It means the right to retain the possession of goods until full price is received.

Seller can exercise his right of lien on the following two conditions:

 He must be in possession of the goods.


 He is the unpaid seller.

⇒ If buyer becomes insolvent, lien can be exercised by unpaid seller.

In the following circumstances, unpaid seller’s lien is lost: Sec 49

 When the seller waives his right of lien.


 When the buyer disposes off the goods by sale with consent of seller.
 When the goods are delivered off the buyer or his agent.
 When price is paid by the buyer.
 The right of lien cannot be exercised, where the right of lien has been expressly
excluded.
 By delivery of goods to carrier.
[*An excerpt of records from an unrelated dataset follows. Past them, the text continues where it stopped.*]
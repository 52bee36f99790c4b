// The limits of a record.

// The most nodes that a record has.
pub const MOST_NODES: usize = 4096;

// Depths 0 to 31: as many nodes may lie in one another.
pub const MOST_LEVELS: usize = 32;
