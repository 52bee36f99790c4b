// The sum of a record's values, for every record: an example of code that is proved once from the interface alone.
ghost use Rattle.std.specs.Prelude.{◌≡◌};
ghost use Rattle.records.specs.Sums.{total_of};

use crate::record::Record;

// The sum of all values, in hundredths. At most 4,096 values of at most 10,000,000 fit the answer.
pub fn total<R: Record>(source: &R) -> i64
    ensures { result ≡ total_of (R.nodes source.now) }
{
    let mut sum = 0;
    // By number, since that is how a record is asked; `sum` over a chain says nothing of a signed sum's bounds.
    for n in 0..source.count() {
        if let Some(value) = source.value(n) {
            sum += i64::from(value);
        }
    }
    sum
}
Without reserving the right of disposal of goods,.
 By Estoppels i.e. where the seller so conducts himself that be leads third parties to
believe that the lien does not exist.

Right of Stoppage in Transit – Sec 50 to 52

Right of stoppage goods in transit Sec 50

 The right of stoppage in transit is an extension of the right of lien.
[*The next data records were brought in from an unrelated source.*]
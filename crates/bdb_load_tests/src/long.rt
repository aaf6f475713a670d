// A datum of 243,000,000 bytes, in a chain of half a million pages of 512 bytes.
use crate::loaded::{Answer, loaded};
use crate::settled::list_of;
use bdb_tool::Bytes;
use std::test::Fail;
use test_lists::gives;

#[test]
fn long_datum_is_found_in_its_chain(rt: HostRuntime) -> Result<(), Fail> {
    let alloc = rt.alloc();
    let letters = [b'b'; 1000];
    let mut text = Bytes::new(alloc);
    text.push_all(b"VERSION=3\nformat=print\ntype=btree\ndb_pagesize=512\nHEADER=END\n a\n ")?;
    for _ in 0..243000 {
        text.push_all(&letters)?;
    }
    text.push_all(b"\nDATA=END\n")?;
    let list = list_of(alloc, text.as_slice())?;
    assert_eq!(rt; list.len(), 1);
    match loaded(alloc, text.as_slice(), 1073741824) {
        Answer::Image(image) => {
            // a page has room for 486 bytes: 500,000 pages, the leaf and the metadata
            assert_eq!(rt; image.bytes().len(), 256001024);
            assert!(rt; gives(alloc, image.bytes(), list.as_slice(), b"b")?);
        }
        _ => assert!(rt; false),
    }
    Ok(())
}
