// Files of 200,000 generated pairs of each kind are sound, have the pairs in the order of their keys, and give each key its data.
use crate::loaded::{Answer, loaded};
use crate::settled::list_of;
use bdb_tool::{Bytes, KeyRef, Kind, PairSlice, generate, push_line_text};
use std::alloc::{AllocError, Global};
use std::process::Abort;
use std::test::Fail;
use test_lists::gives;

// A line of data: a space, and two digits for each byte.
fn push_line(text: &mut Bytes, bytes: &[u8]) -> Result<(), AllocError> {
    text.push_all(b" ")?;
    push_line_text(text, bytes, false)?;
    text.push_all(b"\n")
}

fn push_key(alloc: Global, text: &mut Bytes, key: KeyRef<'_>) -> Result<(), AllocError> {
    match key {
        KeyRef::Bytes(bytes) => push_line(text, bytes),
        KeyRef::Number(number) => {
            let digits = format!(in alloc; "{number}")?;
            push_line(text, digits.as_bytes())
        }
    }
}

/// The dump text of 200,000 generated pairs behind this header.
pub(crate) fn text_of(alloc: Global, kind: Kind, header: &[u8]) -> Result<Bytes, AllocError> {
    let list = generate(alloc, kind, 7, 200000)?;
    let mut text = Bytes::new(alloc);
    text.push_all(header)?;
    let pairs = list.as_slice();
    for i in 0..pairs.len() {
        push_key(alloc, &mut text, pairs.at(i).key)?;
        push_line(&mut text, pairs.at(i).value)?;
    }
    text.push_all(b"DATA=END\n")?;
    Ok(text)
}

// Loads a text, and compares what its file gives with a list.
fn load_and_compare(
    rt: &impl Abort,
    alloc: Global,
    text: &[u8],
    list: PairSlice<'_>,
) -> Result<(), AllocError> {
    match loaded(alloc, text, 1073741824) {
        Answer::Image(image) => assert!(rt; gives(alloc, image.bytes(), list, b"0")?),
        _ => assert!(rt; false),
    }
    Ok(())
}

fn check(rt: &impl Abort, alloc: Global, kind: Kind, header: &[u8]) -> Result<(), AllocError> {
    let text = text_of(alloc, kind, header)?;
    let list = list_of(alloc, text.as_slice())?;
    assert_eq!(rt; list.len(), 200000);
    load_and_compare(rt, alloc, text.as_slice(), list.as_slice())
}

#[test]
fn btree_gives_each_key_its_data(rt: HostRuntime) -> Result<(), Fail> {
    check(
        &rt,
        rt.alloc(),
        Kind::Btree,
        b"VERSION=3\ntype=btree\nHEADER=END\n",
    )?;
    Ok(())
}

#[test]
fn hash_gives_each_key_its_data(rt: HostRuntime) -> Result<(), Fail> {
    check(
        &rt,
        rt.alloc(),
        Kind::Hash,
        b"VERSION=3\ntype=hash\nHEADER=END\n",
    )?;
    Ok(())
}

#[test]
fn recno_gives_each_number_its_record(rt: HostRuntime) -> Result<(), Fail> {
    check(
        &rt,
        rt.alloc(),
        Kind::Recno,
        b"VERSION=3\ntype=recno\nkeys=1\nHEADER=END\n",
    )?;
    Ok(())
}

#[test]
fn queue_gives_each_number_its_record(rt: HostRuntime) -> Result<(), Fail> {
    check(
        &rt,
        rt.alloc(),
        Kind::Queue,
        b"VERSION=3\ntype=queue\nre_len=16\nre_pad=0\nkeys=1\nHEADER=END\n",
    )?;
    Ok(())
}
 The right of lien is a right to retain possession, whereas right of stoppage in transit
is a right to regain possession.
 The right of stoppages in transit can be exercised, if the goods are in transit, and
the buyer has become insolvent in the meantime.

Duration of transit – Sec 51

Carrier may hold the goods in three capacities:

 As Seller’s Agent: In this case, the seller has lien on the goods, so question of right
of stoppage in transit does not arise.
 As Buyer’s Agent: In this case, the seller cannot exercise the right of stoppage in
transit.
 In an Independent Capacity: In this case, sit from the time they are delivered to a
carrier for the purpose of transmission to the buyer, until the buyer or his agent
takes their delivery.
 Goods are deemed to be in course of transit from the time they are delivered to a
carrier for the purpose of transmission to the buyer, until the buyer or his agent takes
their delivery.

 The goods are in transit, even if the buyer asks the carrier to take them to some other
destination until they are delivered to the buyer at some other destination.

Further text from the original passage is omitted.